Why doesn't TypeScript infer the most narrow type declaration?

Question

Why doesn't TypeScript emit "a" | "b" for the type of test2? My IDE's IntelliSense correctly infers that test2 is of type of "a" | "b", but the emitted type declaration is just "string".

// index.ts
export const test1 = true ? ('a' as const) : ('b' as const);
export const test2 = true ? 'a' : 'b';

// index.d.ts
export declare const test1: "a" | "b";
export declare const test2: string;

// tsconfig.json
{
  "compilerOptions": {
    "composite": true,
    "emitDeclarationOnly": true,
  }
}

StackBlitz Link

Answer 1

Using type and typeof tp debug it:

export const test1 = true ? ('a' as const) : ('b' as const);
type T1 = typeof test1; // 'a' | 'b'
export const test2 = true ? 'a' : 'b';
type T2 = typeof test2; // 'a' | 'b'

In both cases, the type is 'a' | 'b'. Is TypeScript ignoring true ? in the conditional expression. It is simply inferring the type In both sides of the expression 'a' : 'b'.

Because string is compatible with "a" | "b" and you don't use as const, TypeScript will use string. This is done to prevent compatibility issues with libraries.
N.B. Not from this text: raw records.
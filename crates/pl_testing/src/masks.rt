//! What tables of polls ask of a descriptor, and what is found of one.
use pl_model::PollMask;

/// Nothing is asked, or found.
pub const EMPTY: &[PollMask] = &[];

pub const IN: &[PollMask] = &[PollMask::IN];

pub const OUT: &[PollMask] = &[PollMask::OUT];

pub const ERR: &[PollMask] = &[PollMask::ERR];

pub const HUP: &[PollMask] = &[PollMask::HUP];

pub const NVAL: &[PollMask] = &[PollMask::NVAL];

pub const IN_OUT: &[PollMask] = &[PollMask::IN, PollMask::OUT];

pub const IN_HUP: &[PollMask] = &[PollMask::IN, PollMask::HUP];

pub const OUT_ERR: &[PollMask] = &[PollMask::OUT, PollMask::ERR];

/// What is given unasked, and asked for nevertheless.
pub const ERR_HUP_NVAL: &[PollMask] = &[PollMask::ERR, PollMask::HUP, PollMask::NVAL];

pub const ALL: &[PollMask] = &[
    PollMask::IN,
    PollMask::OUT,
    PollMask::ERR,
    PollMask::HUP,
    PollMask::NVAL,
];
This is not obvious in your example. but take a look at how it works when you use objects:

export const test1 = {
    a: 'a',
    b: 'b'
};

type T1 = typeof test1; // { a: string, b: string } 


export const test2 = {
    a: 'a',
    b: 'b'
} as const;

type T2 = typeof test2; // { a: 'a', b: 'b' } 

It is the same, but as you can imagine, using 'a' | 'b' in object values instead of string by default could lead to many issues in existing libraries; this is why unless you use as const, TypeScript will go for string.